■ ACTIVITY: From the entries, copy every line that carries the string "back".
+ + + +
// How definitions and files with developer fields are written.

ghost use Rattle.std.specs.Prelude.{◌≡◌};

use super::{ANEW, FILE, RECORD};
use crate::equality::equal;
use crate::grammar::pieces::{read_in_two, written};
use crate::known_files::empty_file;
use arrayvec::ArrayVec;
use fit_base::Arch;
use fit_grammar::{
    Definition, DeveloperFieldDefinition, FieldDefinition, PutFault, decode_file, write_definition,
};
use std::test::Fail;

// A definition that announces developer fields and has none, with its message; and the same file as it is written again.
const ANNOUNCED: [u8; 28] = [
    0x0E, 0x10, 0x64, 0x00, 0x0C, 0x00, 0x00, 0x00, 0x2E, 0x46, 0x49, 0x54, 0x21, 0xBB, 0x60, 0x00,
    0x00, 0x14, 0x00, 0x01, 0x03, 0x01, 0x02, 0x00, 0x00, 0x64, 0x52, 0xE0,
];

static UNANNOUNCED: [u8; 27] = [
    0x0E, 0x10, 0x64, 0x00, 0x0B, 0x00, 0x00, 0x00, 0x2E, 0x46, 0x49, 0x54, 0x60, 0x5D, 0x40, 0x00,
    0x00, 0x14, 0x00, 0x01, 0x03, 0x01, 0x02, 0x00, 0x64, 0xB1, 0x38,
];

// A definition of a record with a field of one byte and these developer fields.
fn record(developer: ArrayVec<DeveloperFieldDefinition, 255>) -> Definition
    ensures local { result.local ≡ 0 }
    ensures developer { result.developer ≡ developer }
{
    let mut fields = ArrayVec::new();
    fields.push(FieldDefinition {
        number: 3,
        size: 1,
        base: 0x02,
    });
    Definition {
        local: 0,
        arch: Arch::Little,
        global: 20,
        fields,
        developer,
    }
}

// One developer field of two bytes, with number 0 and index 0.
fn one() -> ArrayVec<DeveloperFieldDefinition, 255> {
    let mut developer = ArrayVec::new();
    developer.push(DeveloperFieldDefinition {
        number: 0,
        size: 2,
        index: 0,
    });
    developer
}

// Nine bytes for the definition and its field, and four more if it has a developer field.
#[test]
fn a_definition_is_written(rt: HostRuntime) {
    let definition = record(one());
    assert!(rt; definition.fields.len() == 1 && definition.developer.len() == 1);
    let mut bytes = [0xEE; 16];
    equal(&rt, write_definition(&definition, &mut bytes), 13);
    equal(&rt, bytes.strip_prefix(&RECORD), Some([0xEE; 3].as_slice()));
    let definition = record(ArrayVec::new());
    assert!(rt; definition.fields.len() == 1 && definition.developer.is_empty());
    let mut bytes = [0xEE; 16];
    equal(&rt, write_definition(&definition, &mut bytes), 9);
    let wanted = [0x40, 0, 0, 20, 0, 1, 3, 1, 2];
    equal(&rt, bytes.strip_prefix(&wanted), Some([0xEE; 7].as_slice()));
}

#[test]
fn a_file_is_built(rt: HostRuntime) -> Result<(), Fail> {
    let mut file = empty_file(rt.alloc());
    file.define(&record(one()))?;
    // The bytes of the field alone, one byte too few, and one too many.
    for content in [
        [0x64].as_slice(),
        [0x64, 0xAB].as_slice(),
        [0x64, 0xAB, 0xCD, 0xEF].as_slice(),
    ] {
        equal(&rt, file.data(0, None, content), Err(PutFault::Length));
    }
    file.data(0, None, &[0x64, 0xAB, 0xCD])?;
    equal(&rt, file.data_size(), 17);
    equal(&rt, written(rt.alloc(), &file)?.as_slice(), FILE.as_slice());
    Ok(())
}

#[test]
fn without_one_nothing_is_announced(rt: HostRuntime) -> Result<(), Fail> {
    let mut file = empty_file(rt.alloc());
    file.define(&record(ArrayVec::new()))?;
    file.data(0, None, &[0x64])?;
    let bytes = written(rt.alloc(), &file)?;
    equal(&rt, bytes.as_slice(), UNANNOUNCED.as_slice());
    // Nor if the file that was read announced them.
    let read = decode_file(rt.alloc(), &ANNOUNCED)?;
    equal(&rt, read.data_size(), 11);
    let bytes = written(rt.alloc(), &read)?;
    equal(&rt, bytes.as_slice(), UNANNOUNCED.as_slice());
    Ok(())
}

#[test]
fn a_file_is_written_as_it_was_cut_anywhere(rt: HostRuntime) -> Result<(), Fail> {
    for (bytes, wanted) in [
        (FILE.as_slice(), FILE.as_slice()),
        (ANEW.as_slice(), ANEW.as_slice()),
        (ANNOUNCED.as_slice(), UNANNOUNCED.as_slice()),
    ] {
        for cut in 0..=bytes.len() {
            let (front, back) = bytes.split_at(cut);
            let file = read_in_two(rt.alloc(), front, back)?;
            let again = written(rt.alloc(), &file)?;
            assert_eq!(rt; again.as_slice(), wanted, "{cut}");
        }
    }
    Ok(())
}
+ + + +
■ RESULT OF THE TASK:
            let (front, back) = bytes.split_at(cut);
            let file = read_in_two(rt.alloc(), front, back)?;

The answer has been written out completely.